WHAT TO WORK ON:
Below are some records; output exactly the lines from the line with "is_under(self.parents, type_id, other)" to the line with "fn is_same(text: &Text, other: &Text) -> bool", both ends kept, and nothing more.

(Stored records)
# # # #
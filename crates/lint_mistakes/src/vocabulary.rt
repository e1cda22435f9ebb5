//! What the words of both files mean.

ghost use Rattle.lint_mistakes.specs.Vocabularies.{
  is_kind,
  object_type as type_of_object,
  reaches,
  type_among as among,
  type_number as number_of_type,
};
ghost use Rattle.lint_mistakes.specs.Values.{vocabulary_value};
ghost use Rattle.pddl_ast.specs.Known.{number_in as number_of};
ghost use Rattle.std.specs.Prelude.{◌≡◌, slice_index};
ghost use Rattle.std.specs.Str.{bytes_eq};

use pddl_ast::{Named, TypeId};
use sexpr_text::{Form, Text};
use std::alloc::Global;

/// The types with their parents, the constants and the objects with their types, and the declared
/// predicates.
#[derive(Clone, Copy)]
pub(crate) struct Vocabulary<'a> {
    pub(crate) alloc: Global,
    pub(crate) types: &'a [Text],
    pub(crate) parents: &'a [TypeId],
    pub(crate) constants: &'a [Named],
    pub(crate) objects: &'a [Named],
    /// The forms after the word `:predicates`.
    pub(crate) predicates: &'a [Form],
}

impl Vocabulary<'_> {
    /// The number of a type; 0, which is `object`, where there is none of this name.
    pub(crate) fn type_number(&self, name: &Text) -> TypeId
        ensures { result ≡ number_of_type (vocabulary_value self.now) name.now }
    {
        number_in(self.types, name).unwrap_or(0)
    }

    pub(crate) fn object_type(&self, name: &Text) -> Option<TypeId>
        ensures { result ≡ type_of_object (vocabulary_value self.now) name.now }
    {
        match type_among(self.constants, name) {
            Some(type_id) => Some(type_id),
            None => type_among(self.objects, name),
        }
    }

    /// Whether the first type is the second, or has it among its ancestors.
    pub(crate) fn is_kind_of(&self, type_id: TypeId, other: TypeId) -> bool
        ensures { result ≡ is_kind (vocabulary_value self.now) type_id other }
    {
        is_under(self.parents, type_id, other)
    }
}

/// The number of a name among others.
fn number_in(names: &[Text], name: &Text) -> Option<usize>
    ensures { result ≡ number_of names.now name.now }
{
    names.iter().position(|other| is_same(name, other))
}

fn is_same(text: &Text, other: &Text) -> bool
    ensures { result ≡ bytes_eq text.now other.now }
{
    text.is(other.as_bytes())
}

/// The type of the first of some constants or objects that has this name.
fn type_among(objects: &[Named], name: &Text) -> Option<TypeId>
    ensures { result ≡ among objects.now name.now }
{
    for object in objects {
        if is_same(&object.name, name) {
            return Some(object.type_id);
        }
    }
    None
}

/// Whether the first type is the second, or has it among its ancestors.
#[tactic(auto, using(crate::proofs::Reaching::reach_here, crate::proofs::Reaching::reach_on))]
fn is_under(parents: &[TypeId], type_id: TypeId, other: TypeId) -> bool
    ensures { result ≡ reaches parents.now parents.now type_id other }
{
    let mut ancestor = type_id;
    for _ in parents {
        if ancestor == other {
            return true;
        }
        ancestor = parent_of(parents, ancestor);
    }
    ancestor == other
}

fn parent_of(parents: &[TypeId], type_id: TypeId) -> TypeId
    ensures { result ≡ slice_index parents.now type_id }
{
    parents.get(type_id).copied().unwrap_or(0)
}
# # # #
OUTPUT OF THE TASK:
        is_under(self.parents, type_id, other)
    }
}

/// The number of a name among others.
fn number_in(names: &[Text], name: &Text) -> Option<usize>
    ensures { result ≡ number_of names.now name.now }
{
    names.iter().position(|other| is_same(name, other))
}

fn is_same(text: &Text, other: &Text) -> bool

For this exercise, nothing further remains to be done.